Q1
The changes we would require is replacing sin and cos with CORDIC function that outputs approximations of those values.
- Required Code Changes:
- Instead of using HLS math functions cos() and sin(), you would need to:
- Replace them with calls to your custom CORDIC function
- Add the CORDIC lookup tables for angle values
- Resource Usage Impact:
From the report's findings:
- Using CORDIC instead of math functions would:
- Significantly reduce DSP usage (from 21 to 2 DSPs as shown in Table 4)
- Increase LUT usage (from 2,676 to 6,477 LUTs)
- Slightly increase FF usage (from 1,719 to 1,891 FFs)
- Changing CORDIC accuracy would affect resources in the following ways:
- Lower accuracy (fewer rotations) would:
- Reduce latency linearly (26 cycles per 2 rotations according to Section 1.1)
- Keep resource usage relatively stable (as shown in Table 1)
- Different data type precisions would:
- Affect FF and LUT usage based on bit width requirements
- Enable optimization of resource usage by using variable-specific bit widths
- Performance Impact:
The report indicates:
- Baseline math functions have high latency (234 cycles)

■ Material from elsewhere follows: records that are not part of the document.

ghost use Rattle.acl_expand.specs.Expansions.{FiltersDecideAsWritten};
ghost use Rattle.acl_expand.specs.KnownRules.{AlikeHaveTheSameRules};

/// A law: the filter of resolved terms decides as the block's terms as they are written, as far as its platform
/// can show it.
pub fn filters_decide_as_written()
    ensures { FiltersDecideAsWritten }
{}

/// A law: on targets with the same families, where each term is live on both or on neither, has the same verdict on both,
/// and both know connections or do not, if its option asks for that, terms have the same rules, and the same first slip.
pub fn alike_targets_have_the_same_rules()
    ensures { AlikeHaveTheSameRules }
{}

- CORDIC implementation reduces latency significantly:
- Down to 48 cycles with add/shift operations
- Further reduced to 41 cycles with optimized data types
- Accuracy vs. Performance tradeoffs:
- 12 rotations: Good balance of accuracy (RMSE θ = 2.737e-4) and latency
- 16 rotations: Better accuracy (RMSE θ = 1.975e-5) but higher latency
- 20 rotations: Minimal accuracy improvement with significant latency cost
Based on these findings, using a custom CORDIC would likely be beneficial for the DFT implementation as it would:
- Reduce DSP usage significantly
- Provide tunable accuracy-performance tradeoffs
- Improve latency compared to math functions
- Allow for optimization of data types for specific variables
The main tradeoff would be increased LUT usage, but the performance and DSP savings could make this worthwhile depending on your specific requirements and constraints.